Brett Williams

No. 74
- Position: Offensive tackle

Personal information
- Born: May 2, 1980 (age 46) Kissimmee, Florida, U.S.
- Listed height: 6 ft 5 in (1.96 m)
- Listed weight: 321 lb (146 kg)

Career information
- High school: Osceola (Kissimmee)
- College: Florida State
- NFL draft: 2003: 4th round, 113th overall pick

Career history
- Kansas City Chiefs (2003–2004);

Awards and highlights
- BCS national champion (1999); First-team All-American (2002); Jacobs Blocking Trophy (2001); 2× First-team All-ACC (2001, 2002); 2× Second-team All-ACC (1999, 2000);

Career NFL statistics
- Games played: 5
- Stats at Pro Football Reference

= Brett Williams (offensive lineman) =

American football player (born 1980)

Brett Weston Williams (born May 2, 1980) is an American former professional football player who was an offensive tackle for the Kansas City Chiefs of the National Football League (NFL). He played college football for the Florida State Seminoles.

==Early life==
His football career developed at Osceola High School in Kissimmee, Florida, where he also excelled in track and field and weightlifting. He graduated in 1998.

==College career==
Williams joined the Seminoles of Florida State, where he had a highly decorated college career. Starting in two national championships (and being on the team for a third—his redshirt year), the 1999 Florida State team won the national championship, defeating Virginia Tech, his redshirt freshman year. Williams started all four years of his college career.

Williams earned many awards during his career at Florida State. He earned several All-ACC Honors. He was named a Freshman All-American. In 2002, he was selected as a Playboy All-American, and Williams was twice the recipient of the prestigious Jacobs Blocking Trophy award (given to the top offensive lineman in the ACC) in 2001 and 2002. He also earned the Golden Nole Award, honoring the contributions he made on the field, in the classroom, and in the community.

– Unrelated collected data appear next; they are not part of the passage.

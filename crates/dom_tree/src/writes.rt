// What a node says of itself is changed.
ghost use Rattle.std.specs.Prelude.{◌≡◌, ◌<◌, true, false, is_some, [], ◌∷◌, ◌++◌, length, OnOk, OnErr, slice_get, None};
ghost use Rattle.dom_tree.specs.Nodes.{is_text, is_document_kind};
ghost use Rattle.dom_tree.specs.Changes.{changed};
ghost use Rattle.dom_tree.specs.Names.{with_value, without_name, with_attributes, with_text, with_own_value, keeps_value, keeps_value_in};
ghost use Rattle.dom_tree.specs.inner.Kept.{nodes_of, bare, no_links, IsLinked};

use crate::parts::{Kind, NodeData};
use mug_text::JText;
use std::alloc::AllocError;

/// Puts a node behind the others, outside the document.
pub(crate) fn push_node(nodes: &mut Vec<NodeData>, node: NodeData) -> Result<(), AllocError>
    requires alone { node.parent ≡ None }
    requires links { node.links ≡ no_links }
    requires kind { is_document_kind node.kind ≡ false }
    requires value { is_some node.value ≡ keeps_value node.kind }
    requires linked { IsLinked nodes.old.items }
    ensures ok { OnOk result
        (nodes_of nodes.new.items ≡ nodes_of nodes.old.items ++ bare node ∷ []) }
    ensures err { OnErr result (nodes.new.items ≡ nodes.old.items) }
    ensures linked { IsLinked nodes.new.items }
{
    nodes.push(node)?;
    Ok(())
}

pub(crate) fn set_attribute(
    nodes: &mut [NodeData],
    node: u32,
    name: JText,
    value: JText,
) -> Result<(), AllocError>
    requires node { node < length nodes.old }
    requires linked { IsLinked nodes.old }
    ensures ok { OnOk result
        (nodes_of nodes.new
        ≡ changed (with_attributes (with_value name value)) node (nodes_of nodes.old)) }
    ensures err { OnErr result (nodes.new ≡ nodes.old) }
    ensures linked { IsLinked nodes.new }
{
    let node = &mut nodes[node as usize];
    node.attributes.set(name, value)
}

pub(crate) fn remove_attribute(nodes: &mut [NodeData], node: u32, name: &JText)
    requires node { node < length nodes.old }
    requires linked { IsLinked nodes.old }
    ensures is { nodes_of nodes.new
        ≡ changed (with_attributes (without_name name.now)) node (nodes_of nodes.old) }
    ensures linked { IsLinked nodes.new }
{
    let node = &mut nodes[node as usize];
    node.attributes.remove(name);
}

pub(crate) fn set_text(nodes: &mut [NodeData], node: u32, text: JText)
    requires text { is_text (nodes_of nodes.old) node ≡ true }
    requires node { node < length nodes.old }
    requires linked { IsLinked nodes.old }
    ensures is { nodes_of nodes.new ≡ changed (with_text text) node (nodes_of nodes.old) }
    ensures linked { IsLinked nodes.new }
{
    let node = &mut nodes[node as usize];
    node.kind = Kind::Text(text);
}

pub(crate) fn set_value(nodes: &mut [NodeData], node: u32, value: JText)
    requires keeps { keeps_value_in (slice_get (nodes_of nodes.old) node) ≡ true }
    requires node { node < length nodes.old }
    requires linked { IsLinked nodes.old }
    ensures is { nodes_of nodes.new ≡ changed (with_own_value value) node (nodes_of nodes.old) }
    ensures linked { IsLinked nodes.new }
{
    let node = &mut nodes[node as usize];
    node.value = Some(value);
}
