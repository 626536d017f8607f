// The path of an event.
ghost use Rattle.std.specs.Prelude.{◌≡◌, ◌++◌, ◌∷◌, [], ◌<◌, map, length, IfOk, OnOk};
ghost use Rattle.dom_tree.specs.Nodes.{ancestors};
ghost use Rattle.event_dispatch.specs.Path.{path_of, window_behind, IsThere};

use dom_tree::Dom;
use mug_text::{JText, Listed, NoMemory};
use std::alloc::{AllocError, Global};

/// What an event is dispatched at.
#[derive(Clone, Copy, Debug, PartialEq, Eq)]
pub enum Target {
    Window,
    /// The node of this number.
    Node(u32),
    /// The request object of this number.
    Request(u32),
}

// `load`
const LOAD: [u16; 4] = [0x6C, 0x6F, 0x61, 0x64];

fn push(path: &mut Vec<Target>, target: Target) -> Result<(), AllocError>
    ensures { OnOk result (path.new.items ≡ path.old.items ++ target ∷ []) }
{
    path.push(target)?;
    Ok(())
}

// Puts a node's ancestors behind, nearest first.
fn push_ancestors(dom: &Dom, node: u32, path: &mut Vec<Target>) -> Result<(), AllocError>
    requires { node < length dom.now }
    ensures { OnOk result (path.new.items
        ≡ path.old.items ++ map Target.Node (ancestors dom.now node)) }
{
    let count = dom.count();
    let mut above = dom.node(node).parent;
    for _step in 0..count {
        let Some(parent) = above else { return Ok(()) };
        push(path, Target::Node(parent))?;
        above = dom.node(parent).parent;
    }
    Ok(())
}

// Puts the window behind, where the type isn't `load`.
fn push_window(kind: &JText, path: &mut Vec<Target>) -> Result<(), AllocError>
    ensures { OnOk result (path.new.items ≡ path.old.items ++ window_behind kind.now) }
{
    if kind.as_slice() == LOAD.as_slice() {
        return Ok(());
    }
    push(path, Target::Window)
}

/// The path of an event of this type: the target, a node's ancestors, and the window, but not for
/// `load` at a node.
pub fn path(
    alloc: Global,
    dom: &Dom,
    target: Target,
    kind: &JText,
) -> Result<Listed<Target>, NoMemory>
    requires { IsThere dom.now target }
    ensures { IfOk result (λ path. path ≡ path_of dom.now target kind.now) }
{
    let mut path = Vec::new(alloc);
    push(&mut path, target)?;
    if let Target::Node(node) = target {
        push_ancestors(dom, node, &mut path)?;
        push_window(kind, &mut path)?;
    }
    Ok(Listed::of(path))
}
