//! Documents: the nodes of a page, and the changes that a script makes to them.
#![tactic(auto)]

mod attributes;
mod dom;
mod kin;
mod laws;
mod moves;
mod order;
mod parts;
mod reading;
mod words;
mod writes;

pub use attributes::Attributes;
pub use dom::{Dom, DomFault, NODE_LIMIT};
pub use laws::walk_is_in_tree_order;
pub use parts::{Kind, NewNode, NodeData};
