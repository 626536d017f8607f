// What is written in a case, and what is told of texts.
ghost use Rattle.std.specs.Prelude.{IfOk, IfSome};
ghost use Rattle.js_heap.specs.Closed.{ClassIsThere, IsThere};
ghost use Rattle.js_heap.specs.World.{World};

use js_heap::{Bound, Class, Code, Heap, HeapFault, Root};
use js_value::{Callee, HidId, NativeId, Num, ObjId, Value};
use mug_text::{JText, Listed, NoMemory};
use std::alloc::Global;
use written_text::written_text;

/// The first word of a line, and what stands behind the space behind it.
pub fn first_word(line: &str) -> (&str, &str) {
    line.split_once(' ').unwrap_or((line, ""))
}

/// The number that is written so, or 2^32 - 1.
pub fn number(written: &str) -> u32 {
    written.parse().unwrap_or(u32::MAX)
}

/// A text as it is printed.
pub fn shown(alloc: Global, text: &JText) -> Result<String, NoMemory> {
    let mut bytes = Vec::new(alloc);
    text.shown(&mut bytes)?;
    match String::from_utf8(bytes) {
        Ok(shown) => Ok(shown),
        Err(_) => Ok(String::from_str(alloc, "no text")?),
    }
}

/// The value that is written so, where what it names is there; an object is made for it.
pub fn value(alloc: Global, heap: &mut Heap, written: &str) -> Result<Option<Value>, NoMemory>
    ensures { IfOk result (λ v. IfSome v (IsThere heap.new)) }
{
    let value = any_value(alloc, heap, written)?;
    if heap.is_there(&value) {
        Ok(Some(value))
    } else {
        Ok(None)
    }
}

fn any_value(alloc: Global, heap: &mut Heap, written: &str) -> Result<Value, NoMemory> {
    let (word, rest) = first_word(written);
    if let Some(text) = written.strip_prefix('\'') {
        return Ok(Value::Text(written_text(alloc, text)?));
    }
    match word {
        "object" => new_object(heap, Class::Object),
        "array" => new_object(heap, Class::Array),
        "arguments" => new_object(heap, Class::Arguments),
        "date" => new_object(heap, Class::Date(Num::NaN)),
        "function" => new_object(heap, function()),
        "bound" => new_object(heap, bound(alloc)),
        "builtin" => new_object(heap, builtin(rest)),
        "error" => error(alloc, heap, rest),
        _ => Ok(plain_value(word, rest)),
    }
}

fn plain_value(word: &str, rest: &str) -> Value {
    match word {
        "null" => Value::Null,
        "true" => Value::Bool(true),
        "false" => Value::Bool(false),
        "NaN" => Value::Num(Num::NaN),
        "native" => Value::Native(NativeId {
            number: number(rest),
        }),
        "wrap" => Value::Wrap(
            HidId { number: 1 },
            Callee::Ref(ObjId {
                number: number(rest),
            }),
        ),
        "wrapped" => Value::Wrap(
            HidId { number: 1 },
            Callee::Native(NativeId {
                number: number(rest),
            }),
        ),
        _ => whole(word),
    }
}

fn whole(written: &str) -> Value {
    match written.parse::<i64>() {
        Ok(n) => Num::whole(i128::from(n)).map_or(Value::Undefined, Value::Num),
        Err(_) => Value::Undefined,
    }
}

fn function() -> Class
    ensures { (w : World) → ClassIsThere w result }
{
    Class::Function(Code {
        text: 3,
        node: 5,
        scope: None,
    })
}

fn bound(alloc: Global) -> Class
    ensures { (w : World) → ClassIsThere w result }
{
    Class::Bound(Bound {
        f: Value::Native(NativeId { number: 0 }),
        this: Value::Null,
        args: Listed::new(alloc),
    })
}

fn builtin(written: &str) -> Class
    ensures { (w : World) → ClassIsThere w result }
{
    if written.is_empty() {
        return Class::Builtin(None);
    }
    Class::Builtin(Some(NativeId {
        number: number(written),
    }))
}

fn new_object(heap: &mut Heap, class: Class) -> Result<Value, NoMemory>
    requires { ClassIsThere heap.old class }
{
    let prototype = heap.root(Root::ObjectPrototype);
    match heap.new_object(class, Some(prototype)) {
        Ok(object) => Ok(Value::Ref(object)),
        Err(HeapFault::Full) => Ok(Value::Undefined),
        Err(HeapFault::NoMemory) => Err(NoMemory),
    }
}

// An error with a name and a message, each a value without a space in it; `-` for none.
fn error(alloc: Global, heap: &mut Heap, written: &str) -> Result<Value, NoMemory> {
    let (name, message) = first_word(written);
    let error = new_object(heap, Class::Error)?;
    put(alloc, heap, &error, "name", name)?;
    put(alloc, heap, &error, "message", message)?;
    Ok(error)
}

fn put(
    alloc: Global,
    heap: &mut Heap,
    object: &Value,
    key: &str,
    written: &str,
) -> Result<(), NoMemory> {
    let Value::Ref(object) = object else {
        return Ok(());
    };
    let (word, rest) = first_word(written);
    let value = match written.strip_prefix('\'') {
        Some(text) => Value::Text(written_text(alloc, text)?),
        None => plain_value(word, rest),
    };
    let is_here = (object.number as usize) < heap.object_count();
    if word == "-" || !is_here || !heap.is_there(&value) {
        return Ok(());
    }
    match heap.put(*object, &written_text(alloc, key)?, value, false) {
        Ok(()) => Ok(()),
        Err(_) => Err(NoMemory),
    }
}
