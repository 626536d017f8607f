// The nodes of a page as nodes of a document.
ghost use Rattle.std.specs.Prelude.{◌≡◌, ◌+◌, ◌<◌, ◌^◌, [], ◌∷◌, length, take, vec_len, slice_get, IfOk, OnOk, Some, None};
ghost use Rattle.std.specs.Option.{option_map};
ghost use Rattle.html_profile.specs.Numbering.{IsNumbered};
ghost use Rattle.dom_tree.specs.Reading.{kind_of, attributes_of_content, text_in, or_empty, value_of, made_of, IsFront, IsRead};
ghost use Rattle.dom_tree.specs.inner.Kept.{nodes_of, bare, no_links, IsLinked};

use crate::attributes::{Attributes, value_of};
use crate::moves::append_child;
use crate::parts::{Kind, Links, NodeData};
use crate::words::{is_word, no_text};
use crate::writes::push_node;
use html_profile::{Content, Document};
use mug_text::{JText, NoMemory};
use std::alloc::{AllocError, Global};

fn kind_of(content: &Content) -> Result<Kind, NoMemory>
    ensures { IfOk result (λ kind. kind ≡ kind_of content.now) }
{
    match content {
        Content::Document => Ok(Kind::Document),
        Content::Element { name, .. } => Ok(Kind::Element(name.copy()?)),
        Content::Text(text) => Ok(Kind::Text(text.copy()?)),
    }
}

fn attributes_of(alloc: Global, content: &Content) -> Result<Attributes, NoMemory>
    ensures { IfOk result (λ attributes. attributes ≡ attributes_of_content content.now) }
{
    match content {
        Content::Element { attributes, .. } => Attributes::of(alloc, attributes.as_slice()),
        _ => Ok(Attributes::new(alloc)),
    }
}

// The text that stands next and belongs to this node, or none.
fn text_behind(alloc: Global, doc: &Document, id: u32) -> Result<JText, NoMemory>
    ensures { IfOk result (λ text. text ≡ text_in id (slice_get doc.now.nodes (id + 1))) }
{
    let next = id as usize + 1;
    if next >= doc.count() as usize {
        return no_text(alloc);
    }
    let node = doc.node(next as u32);
    if node.parent != Some(id) {
        return no_text(alloc);
    }
    match &node.content {
        Content::Text(text) => text.copy(),
        _ => no_text(alloc),
    }
}

fn copy_or_empty(alloc: Global, text: Option<&JText>) -> Result<JText, NoMemory>
    ensures { IfOk result (λ copy. copy ≡ or_empty (option_map (λ t. t.now) text.entry)) }
{
    match text {
        Some(text) => text.copy(),
        None => no_text(alloc),
    }
}

// What a node with this content keeps beside its attributes.
fn start_value(
    alloc: Global,
    doc: &Document,
    id: u32,
    content: &Content,
) -> Result<Option<JText>, NoMemory>
    ensures { IfOk result (λ value. value ≡ value_of doc.now.nodes id content.now) }
{
    let Content::Element { name, attributes } = content else {
        return Ok(None);
    };
    if is_word(name, b"input") {
        let value = value_of(attributes.as_slice(), b"value");
        return Ok(Some(copy_or_empty(alloc, value)?));
    }
    if is_word(name, b"textarea") {
        return Ok(Some(text_behind(alloc, doc, id)?));
    }
    Ok(None)
}

// The node of this number, before it has a parent.
fn make_node(alloc: Global, doc: &Document, id: u32) -> Result<NodeData, NoMemory>
    requires { id < length doc.now.nodes }
    ensures is { IfOk result
        (λ d. option_map (made_of doc.now.nodes id) (slice_get doc.now.nodes id) ≡ Some (bare d)) }
    ensures links { IfOk result (λ d. d.links ≡ no_links) }
{
    let content = &doc.node(id).content;
    Ok(NodeData {
        kind: kind_of(content)?,
        parent: None,
        attributes: attributes_of(alloc, content)?,
        value: start_value(alloc, doc, id, content)?,
        links: Links::new(),
    })
}

// Adds the node of the next number.
fn add_node(
    alloc: Global,
    doc: &Document,
    nodes: &mut Vec<NodeData>,
    id: u32,
) -> Result<(), NoMemory>
    requires numbered { IsNumbered doc.now.nodes }
    requires some { 0 < id }
    requires id { id < length doc.now.nodes }
    requires linked { IsLinked nodes.old.items }
    requires front { IsFront doc.now.nodes (take id doc.now.nodes) (nodes_of nodes.old.items) }
    ensures linked { OnOk result (IsLinked nodes.new.items) }
    ensures front { OnOk result
        (IsFront doc.now.nodes (take (id + 1) doc.now.nodes) (nodes_of nodes.new.items)) }
{
    let node = make_node(alloc, doc, id)?;
    push_node(nodes, node)?;
    let above = doc.node(id).parent;
    match above {
        Some(parent) => append_child(nodes, parent, id),
        None => unreachable!(),
    }
    Ok(())
}

fn list_of(alloc: Global, node: NodeData) -> Result<Vec<NodeData>, AllocError>
    ensures { IfOk result (λ nodes. nodes.items ≡ node ∷ []) }
{
    let mut nodes = Vec::new(alloc);
    nodes.push(node)?;
    Ok(nodes)
}

/// All nodes of a page.
pub(crate) fn read_nodes(alloc: Global, doc: &Document) -> Result<Vec<NodeData>, NoMemory>
    ensures linked { IfOk result (λ nodes. IsLinked nodes.items) }
    ensures few { IfOk result (λ nodes. vec_len nodes < 2 ^ 32) }
    ensures read { IfOk result (λ nodes. IsRead doc.now.nodes (nodes_of nodes.items)) }
{
    let count = doc.count();
    let document = make_node(alloc, doc, 0)?;
    let mut nodes = list_of(alloc, document)?;
    for id in 1..count {
        add_node(alloc, doc, &mut nodes, id)?;
    }
    Ok(nodes)
}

Williams has been named one of Florida State's Top 100 Players.

==Professional career==

Williams was selected in the fourth round, with the 113th overall pick, of the 2003 NFL draft. He officially signed with the team on July 17, 2003. He did not play in any games in 2003 but played in five games for the Chiefs in 2004. Williams was placed on injured reserve on September 3, 2005 after suffering a knee injury. He was waived by the Chiefs on September 6, 2005.

Pre-draft measurables
| Height | Weight | Arm length | Hand span | 40-yard dash | 10-yard split | 20-yard split | 20-yard shuttle | Three-cone drill | Vertical jump | Broad jump |
| 6 ft 5 in (1.96 m) | 321 lb (146 kg) | 31+3⁄4 in (0.81 m) | 10 in (0.25 m) | 5.28 s | 1.85 s | 3.08 s | 5.01 s | 8.57 s | 27.5 in (0.70 m) | 8 ft 3 in (2.51 m) |
All values from NFL Combine

==Personal life==
As head coach of the Lighthouse Christian Chargers, Williams led the team to a national homeschool football championship in 2021. In 2022, the team was inducted into the Missouri Sports Hall of Fame.